Elucidating the Influence of the Activation Energy on Reaction Rates by Simulations Based on a Simple Particle Model

Abstract

An application for visualizing the dynamic properties of an equimolar binary mixture of isotropic reactive particles is presented. By introducing a user selectable choice for the activation energy, the application is useful to demonstrate qualitatively that the reaction rate depends on the above choice and on temperature. The application is based on a 2D realistic dynamic model where atoms move because of their thermal energies and the trajectories are determined by solving numerically Newton’s laws according to a Molecular Dynamics (MD) scheme. Collisions are monitored as time progresses, and every time the collision energy is larger than the selected activation energy, a reactive event occurs. By examining the time evolution of the configurations, it is possible to observe that the number of reactive collisions is always smaller than the total number of collisions. However, the number of reactive events increases on raising the temperature and/or by decreasing the activation energy.

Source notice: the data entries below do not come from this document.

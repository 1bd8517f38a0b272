//! Marking a candidate's order.
ghost use Rattle.std.specs.Prelude.{◌<◌, length};
ghost use Rattle.scheme.specs.Task.{task_of};
ghost use Rattle.tariff.specs.Amounts.{All};
ghost use Rattle.planner.specs.Papers.{AssuredMarking, Compares, FirstFlaw, Marks};

use crate::types::Planner;
use chooser::{Chooser, Terms};
use rounds::Question;
use scheme::{Refusal, Scheme};
use sets::Set;
use tariff::Tariff;

/// What keeps an order from being a plan.
#[derive(Clone, Copy, PartialEq, Eq, Debug)]
pub enum Flaw {
    /// The work at this place is barred.
    Barred { place: usize },
    /// The work at this place needs items that do not stand; this is the lowest of them.
    Lacking { place: usize, item: usize },
    /// Wanted items do not stand at the end; this is the lowest of them.
    Missing { item: usize },
}

/// The verdict on a candidate's order: its first flaw, or its total beside the cheapest.
#[derive(Clone, Copy, PartialEq, Eq, Debug)]
pub enum Verdict<V> {
    Flawed(Flaw),
    Dearer(V),
    Cheapest(V),
}

impl<T: Tariff, C: Chooser> Planner<T, C> {
    /// Marks a candidate's order: its first flaw, or its total and whether a cheaper order does the same.
    pub fn mark(&mut self, terms: &Terms<'_, T>, paper: &[u8]) -> Result<Verdict<T::Value>, Refusal>
        ensures marks { Marks T.Tariff.scale C.Chooser.room (task_of self.old.scheme) (C.Chooser.kept self.old.chooser) terms.now.prices.now terms.now.bars paper.now result (task_of self.new.scheme) (C.Chooser.kept self.new.chooser) }
        ensures assured { AssuredMarking T.Tariff.scale C.Chooser.room (task_of self.old.scheme) terms.now.prices.now terms.now.bars paper.now (C.Chooser.kept self.old.chooser) result (C.Chooser.kept self.new.chooser) }
    {
        let question = Question {
            scheme: &self.scheme,
            terms: *terms,
        };
        question.check_paper(paper)?;
        if let Some(flaw) = first_flaw(&self.scheme, terms.bars, paper) {
            return Ok(Verdict::Flawed(flaw));
        }
        let found = question.find(&mut self.chooser)?;
        Ok(compare(terms, found.set, paper))
    }
}

/// The first flaw of a paper of held works, if it is no plan. One pass, which ends at the flaw: a look for a barred work before the works are
/// carried out would read the whole paper.
fn first_flaw(scheme: &Scheme, bars: Set, paper: &[u8]) -> Option<Flaw>
    requires { All (λ w. w < length (task_of scheme.now).works) paper.now }
    ensures { FirstFlaw (task_of scheme.now) bars paper.now result }
{
    let works = scheme.works();
    let mut held = scheme.standing();
    for (place, number) in paper.iter().enumerate() {
        let w = *number as usize;
        if bars.contains(w) {
            return Some(Flaw::Barred { place });
        }
        let work = works[w];
        if let Some(item) = work.needs.minus(held).lowest() {
            return Some(Flaw::Lacking { place, item });
        }
        held = held.union(work.gives);
    }
    let item = scheme.wanted().minus(held).lowest()?;
    Some(Flaw::Missing { item })
}

/// The total of a paper, beside that of the cheapest set.
fn compare<T: Tariff>(terms: &Terms<'_, T>, best: Set, paper: &[u8]) -> Verdict<T::Value>
    ensures { Compares T.Tariff.scale terms.now.prices.now best paper.now result }
{
    let total = terms.order_cost(paper);
    if T::is_less(terms.set_cost(best), total) {
        Verdict::Dearer(total)
    } else {
        Verdict::Cheapest(total)
    }
}
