//! Planners: the cheapest orders by implicit hitting sets.
//!
//! - `types`: planners and their answers.
//! - `question`: questions.
//! - `conducting`: a list of calls, then a question.
//! - `pairs`: two planners asked alike.
//! - `marking`: marking a candidate's order.
//! - `editing`: opening and editing a planner's scheme.
//! - `files`: reading and writing scheme files.
//! - `landmarks`: what a planner holds and keeps.
#![tactic(auto)]

mod conducting;
mod editing;
mod files;
mod landmarks;
mod marking;
mod pairs;
mod question;
mod types;

pub use marking::{Flaw, Verdict};
pub use pairs::ask_both;
pub use rules::{
    calls_are_determined, landmarks_are_kept, markings_are_settled, questions_agree,
    questions_are_settled, reach_tells,
};
pub use types::{Answer, Planner, Request};
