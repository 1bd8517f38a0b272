//! What a planner holds: its scheme, and the landmarks that it keeps.
ghost use Rattle.std.specs.Prelude.{◌≡◌, ◌<◌, ◌≤◌, length, MatchOption, slice_index_or};
ghost use Rattle.scheme.specs.Task.{task_of};
ghost use Rattle.planner.specs.Landmarks.{AllLandmarks, Copies};

use crate::types::Planner;
use chooser::Chooser;
use scheme::{Refusal, Scheme};
use sets::Set;
use tariff::Tariff;

impl<T: Tariff, C: Chooser> Planner<T, C> {
    /// The scheme that the planner is above.
    pub fn scheme(&self) -> &Scheme
        ensures { result.now ≡ self.now.scheme }
    {
        &self.scheme
    }

    /// How many landmarks are kept. Every kept set is one.
    pub fn landmarks(&self) -> usize
        ensures count { result ≡ length (C.Chooser.kept self.now.chooser) }
        ensures landmarks { AllLandmarks (task_of self.now.scheme) (C.Chooser.kept self.now.chooser) }
    {
        self.chooser.count()
    }

    /// The kept landmark at a place, counted from 0.
    pub fn landmark(&self, place: usize) -> Option<Set>
        ensures { MatchOption result (length (C.Chooser.kept self.now.chooser) ≤ place) (λ s. (place < length (C.Chooser.kept self.now.chooser)) × (s ≡ slice_index_or (C.Chooser.kept self.now.chooser) place s)) }
    {
        self.chooser.read(place)
    }

    /// Copies the kept landmarks, in order, into the first places, each as the number of its set, and answers how many there are. Later
    /// places stay.
    pub fn copy_landmarks(&self, places: &mut [u64]) -> Result<usize, Refusal>
        ensures { Copies (C.Chooser.kept self.now.chooser) places.old result places.new }
    {
        let count = self.chooser.count();
        if places.len() < count {
            return Err(Refusal::ListTooShort);
        }
        let first = &mut places[..count];
        // By place: a chooser is read by place, it lends no list of its landmarks.
        for (place, number) in first.iter_mut().enumerate() {
            if let Some(landmark) = self.chooser.read(place) {
                *number = landmark.bits();
            }
        }
        Ok(count)
    }
}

The above observations, as well as more quantitative analyses of the simulation data, are useful in elucidating the connections existing among particle kinetic energy, temperature, and activation energy of the reaction. The application can be used at different levels of detail and in different instruction levels. Qualitative visual observations of the progress of the reaction are suitable at all levels of instruction. Systematic investigations on the effect of changes of temperature and activation energy, suitable for senior high school and college courses and useful to gain insight into kinetic models and Arrhenius’ law, are also reported.